To remind you, last November I went along, I thought for a new pair of specs, only to find myself sent to the eye hospital for a diagnosis that I am in the process of completely losing my central vision. I will reach a stage where everything looks to me just as it does on the tv screen when they have blanked out faces to preserve anonymity. I will not be able to see faces and, appallingly, I will not be able to read. My eyes are pretty much well down this road due to a condition called pattern dystrophy. I have had the condition for a very long time and it is just now approaching a serious level. I mentioned it on my blog because there was a possibility that it could seriously affect the Big Walk - and in fact it did so because I could not read maps and my ability to walk on rough and uneven ground was severely compromised.

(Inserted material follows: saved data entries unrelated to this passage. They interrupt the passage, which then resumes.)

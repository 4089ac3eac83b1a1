//! What is made ready for an entry, so that keeping it can't fail.

ghost use Rattle.std.specs.Prelude.{◌≡◌, ◌≢◌, ◌<◌, ◌^◌, ◌-◌, ◌⊎◌, IsErrOf, IfOk, IfErr, IfSome, OnOk, OnErr, None, length, vec_len, vec_capacity};
ghost use Rattle.std.specs.FinMap.{find};
ghost use Rattle.std.specs.Option.{option_copied};
ghost use Rattle.meta_types.specs.Order.{key_cmp};
ghost use Rattle.node_core.specs.Attempt.{IsAttempt, changed_key, committed, stepped_by};
ghost use Rattle.node_core.specs.Growing.{TellsKeyChanged};
ghost use Rattle.node_core.specs.Step.{CanComeOf};
ghost use Rattle.node_call.specs.Journaled.{IsPublishedBy};
ghost use Rattle.node_call.specs.Ready.{CanStep, HoldsChanged, IsFullFor, IsHeldUnder, IsKnownStep, IsMade, IsReady, Prevents, entry_made, listed};
ghost use Rattle.node_call.specs.declared.fault.LockFault.TheVariants.{JournalFull, Memory};

use crate::fault::LockFault;
use meta_store::Store;
use meta_types::{MetaKey, both};
use node_core::laws::{each_step_counts, each_step_grows, what_is_held_is_kept};
use node_core::{Attempt, NodeState};
use node_events::{NodeEvent, StepFault};
use node_journal::Entry;
use node_readers::Published;
use std::alloc::AllocError;
use std::marker::Model;

/// What is ready: the event that was attempted, the entry to be handed out, and what it publishes.
#[derive(Drop)]
pub struct Ready {
    event: NodeEvent,
    entry: Entry,
    change: Option<Published>,
}

impl Model for Ready {
    ghost use Rattle.node_call.specs.Ready.{ReadyView};

    ghost Value = { ReadyView };

    ghost view = { λ r. record { event = r.event; entry = r.entry; change = r.change } };
}

impl Ready {
    /// Returns the event of the entry.
    pub fn event(&self) -> &NodeEvent
        ensures { result.now ≡ self.now.entry.event }
    {
        &self.entry.event
    }

    /// Takes what the entry publishes, which is then gone.
    pub fn take_change(&mut self) -> Option<Published>
        ensures change { result ≡ self.old.change }
        ensures rest { self.new ≡ record self.old { change = None } }
    {
        self.change.take()
    }

    /// Returns the event, and the entry to be handed out.
    pub fn into_parts(self) -> (NodeEvent, Entry)
        ensures { (result.0 ≡ self.event) × (result.1 ≡ self.entry) }
    {
        (self.event, self.entry)
    }
}

/// The entry of a step, and what it publishes.
#[derive(Drop)]
struct Made {
    entry: Entry,
    change: Option<Published>,
}

/// Attempts the step, makes room for one more entry in the journal, and makes copies of all that is
/// handed out and published. If it is refused, the state is as before.
///
/// Refused in this order: as `NodeState::step` is; 51 `JournalFull`. 99 `Memory` may come at any
/// time.
pub fn prepare(
    state: &mut NodeState,
    journal: &mut Vec<Entry>,
    limit: usize,
    event: NodeEvent,
) -> Result<(Attempt, Ready), LockFault>
    ensures attempt { IfOk result (λ it. IsAttempt state.old event state.new it.0) }
    ensures ready { IfOk result
        (λ it. IsReady state.old event (committed it.0 state.new) (stepped_by it.0) it.1) }
    ensures room { OnOk result (vec_len journal.new < vec_capacity journal.new) }
    ensures few { OnOk result
        ((length journal.old.items < limit) × (state.old.steps < 2 ^ 64 - 1)) }
    ensures journal { journal.new.items ≡ journal.old.items }
    ensures refused { IfErr result (Prevents state.old event limit (length journal.old.items)) }
    ensures same { OnErr result (state.new ≡ state.old) }
{
    let made = prepare_on(state, journal, limit, &event);
    // What is owned goes through `both`, so that nothing is owned if it fails.
    let (event, (attempt, made)) = both(Ok(event), made)?;
    let Made { entry, change } = made;
    let ready = Ready {
        event,
        entry,
        change,
    };
    Ok((attempt, ready))
}

/// Does what `prepare` does, with an event that stays the caller's.
fn prepare_on(
    state: &mut NodeState,
    journal: &mut Vec<Entry>,
    limit: usize,
    event: &NodeEvent,
) -> Result<(Attempt, Made), LockFault>
    ensures attempt { IfOk result (λ it. IsAttempt state.old event.now state.new it.0) }
    ensures made { IfOk result
        (λ it. IsMade state.old event.now (committed it.0 state.new) (stepped_by it.0) it.1) }
    ensures room { OnOk result (vec_len journal.new < vec_capacity journal.new) }
    ensures few { OnOk result
        ((length journal.old.items < limit) × (state.old.steps < 2 ^ 64 - 1)) }
    ensures journal { journal.new.items ≡ journal.old.items }
    ensures refused { IfErr result
        (Prevents state.old event.now limit (length journal.old.items)) }
    ensures same { OnErr result (state.new ≡ state.old) }
{
    let steps = state.steps();
    let attempt = attempt_known(state, event)?;
    match make(state.store(), &attempt, journal, limit, steps, event) {
        Ok(made) => Ok((attempt, made)),
        Err(fault) => {
            state.take_back(attempt);
            Err(fault)
        }
    }
}

/// Attempts the step. Its contract also says what the laws of steps say of it.
fn attempt_known(state: &mut NodeState, event: &NodeEvent) -> Result<Attempt, StepFault>
    ensures attempt { IfOk result (IsAttempt state.old event.now state.new) }
    ensures known { IfOk result
        (λ a. IsKnownStep state.old event.now (committed a state.new) (stepped_by a)) }
    ensures can { OnOk result (CanStep state.old event.now) }
    ensures refused { IfErr result (CanComeOf state.old event.now) }
    ensures same { OnErr result (state.new ≡ state.old) }
{
    each_step_counts();
    each_step_grows(event);
    what_is_held_is_kept();
    // (for its type)
    let _ = state.store().len();
    let attempt = state.attempt(event);
    let _ = state.store().len();
    attempt
}

/// Makes room in the journal, and the entry with what it publishes, of what the store then holds.
fn make(
    store: &Store,
    attempt: &Attempt,
    journal: &mut Vec<Entry>,
    limit: usize,
    steps: u64,
    event: &NodeEvent,
) -> Result<Made, LockFault>
    requires changed { TellsKeyChanged event.now attempt.now.reply (changed_key attempt.now) }
    requires held { HoldsChanged event.now attempt.now.reply store.now }
    ensures entry { IfOk result
        (λ made. made.entry ≡ entry_made event.now (stepped_by attempt.now)) }
    ensures change { IfOk result (λ made.
        IsPublishedBy event.now attempt.now.reply store.now (listed made.change)) }
    ensures room { OnOk result (vec_len journal.new < vec_capacity journal.new) }
    ensures few { OnOk result ((length journal.old.items < limit) × (steps < 2 ^ 64 - 1)) }
    ensures same { journal.new.items ≡ journal.old.items }
    ensures full { IsErrOf result JournalFull
        → IsFullFor limit (length journal.old.items) steps }
    ensures causes { IfErr result (λ fault. (fault ≡ JournalFull) ⊎ (fault ≡ Memory)) }
{
    make_room(journal, limit, steps)?;
    let entry = entry_of(event, attempt);
    let change = held_under(attempt.changed(), store);
    let (entry, change) = both(entry, change)?;
    Ok(Made { entry, change })
}

pub(crate) fn make_room(journal: &mut Vec<Entry>, limit: usize, steps: u64) -> Result<(), LockFault>
    ensures same { journal.new.items ≡ journal.old.items }
    ensures room { OnOk result (vec_len journal.new < vec_capacity journal.new) }
    ensures few { OnOk result ((length journal.old.items < limit) × (steps < 2 ^ 64 - 1)) }
    ensures full { IsErrOf result JournalFull
        → IsFullFor limit (length journal.old.items) steps }
    ensures causes { IfErr result (λ fault. (fault ≡ JournalFull) ⊎ (fault ≡ Memory)) }
{
    if journal.len() >= limit || steps == u64::MAX {
        return Err(LockFault::JournalFull);
    }
    journal.reserve(1)?;
    Ok(())
}

/// Returns the entry of the step that was attempted.
fn entry_of(event: &NodeEvent, attempt: &Attempt) -> Result<Entry, AllocError>
    ensures { IfOk result (λ entry. entry ≡ entry_made event.now (stepped_by attempt.now)) }
{
    Ok(Entry {
        event: event.copy()?,
        reply: attempt.reply().copy()?,
        outbox: attempt.outbox().copy()?,
    })
}

/// Returns a copy of what the store holds under the key, if there is a key.
pub(crate) fn held_under(
    key: Option<&MetaKey>,
    store: &Store,
) -> Result<Option<Published>, AllocError>
    requires { IfSome (option_copied key) (λ key. find key_cmp key store.now ≢ None) }
    ensures { IfOk result (IsHeldUnder (option_copied key.entry) store.now) }
{
    let Some(key) = key else {
        return Ok(None);
    };
    match store.object(key) {
        Some(object) => Ok(Some(Published::new(key.copy()?, object.copy()?))),
        None => unreachable!(),
    }
}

I went for a checkup this November and found, to everyone's surprise, that there has been no measurable deterioration since last year, which is better than the best possible expected outcome. A year ago I was told that not only is there no treatment, but that the only thing which coould "possibly" slow down the rate of deterioration by "up to" 40% was the consumption of Omega 3 in quantity. Since then I have been taking some special Omega 3 eye tablets and also have retreated from being a strict vegetarian and have been consuming fish. This, or something, has done the trick, although I understand that I should not expect the problem to have stood still - it is just having a rest before resuming the onslaught.